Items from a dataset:
※

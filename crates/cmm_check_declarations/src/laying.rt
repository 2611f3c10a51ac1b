//! Where a piece of data or of stackdata ends that is laid down at a place.

ghost use Rattle.std.specs.Prelude.{◌≡◌, ◌*◌, ◌<◌, ◌≤◌, ◌∷◌, []};
ghost use Rattle.cmm_program.specs.Layout.{aligned_up};
ghost use Rattle.cmm_check_declarations.specs.DataEnds.{EndsWithin};

/// The most bytes that the data of all units may have, with the padding between them: 64 MiB.
pub const DATA_LIMIT: u64 = 0x400_0000;

/// The least multiple of an alignment that is not below a place.
fn aligned_up(align: u64, place: u64) -> u64
    requires align { 0 < align }
    requires small { align ≤ 16 }
    requires place { place ≤ DATA_LIMIT }
    ensures { result ≡ aligned_up align place }
{
    (place + (align - 1)) / align * align
}

/// Where a count of words of a size ends from a place on, in bytes, unless that is past a limit.
pub fn laid(limit: u64, place: u64, align: u64, size: u64, count: u64) -> Option<u64>
    requires limit { limit ≤ DATA_LIMIT }
    requires place { place ≤ limit }
    requires align { 0 < align }
    requires small { align ≤ 16 }
    requires size { 0 < size }
    ensures { EndsWithin limit place (record { align = align; length = count * size } ∷ []) result }
{
    let start = aligned_up(align, place);
    let room = limit.checked_sub(start)?;
    if count > room / size {
        return None;
    }
    Some(start + count * size)
}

※

The records above should be printed in full, exactly as they appear.

filename crates/cmm_check_declarations/src/laying.rt
repository 2611f3c10a51ac1b
//! Where a piece of data or of stackdata ends that is laid down at a place.

ghost use Rattle.std.specs.Prelude.{◌≡◌, ◌*◌, ◌<◌, ◌≤◌, ◌∷◌, []};
ghost use Rattle.cmm_program.specs.Layout.{aligned_up};
ghost use Rattle.cmm_check_declarations.specs.DataEnds.{EndsWithin};

/// The most bytes that the data of all units may have, with the padding between them: 64 MiB.
pub const DATA_LIMIT: u64 = 0x400_0000;

/// The least multiple of an alignment that is not below a place.
fn aligned_up(align: u64, place: u64) -> u64
    requires align { 0 < align }
    requires small { align ≤ 16 }
    requires place { place ≤ DATA_LIMIT }
    ensures { result ≡ aligned_up align place }
{
    (place + (align - 1)) / align * align
}

/// Where a count of words of a size ends from a place on, in bytes, unless that is past a limit.
pub fn laid(limit: u64, place: u64, align: u64, size: u64, count: u64) -> Option<u64>
    requires limit { limit ≤ DATA_LIMIT }
    requires place { place ≤ limit }
    requires align { 0 < align }
    requires small { align ≤ 16 }
    requires size { 0 < size }
    ensures { EndsWithin limit place (record { align = align; length = count * size } ∷ []) result }
{
    let start = aligned_up(align, place);
    let room = limit.checked_sub(start)?;
    if count > room / size {
        return None;
    }
    Some(start + count * size)
}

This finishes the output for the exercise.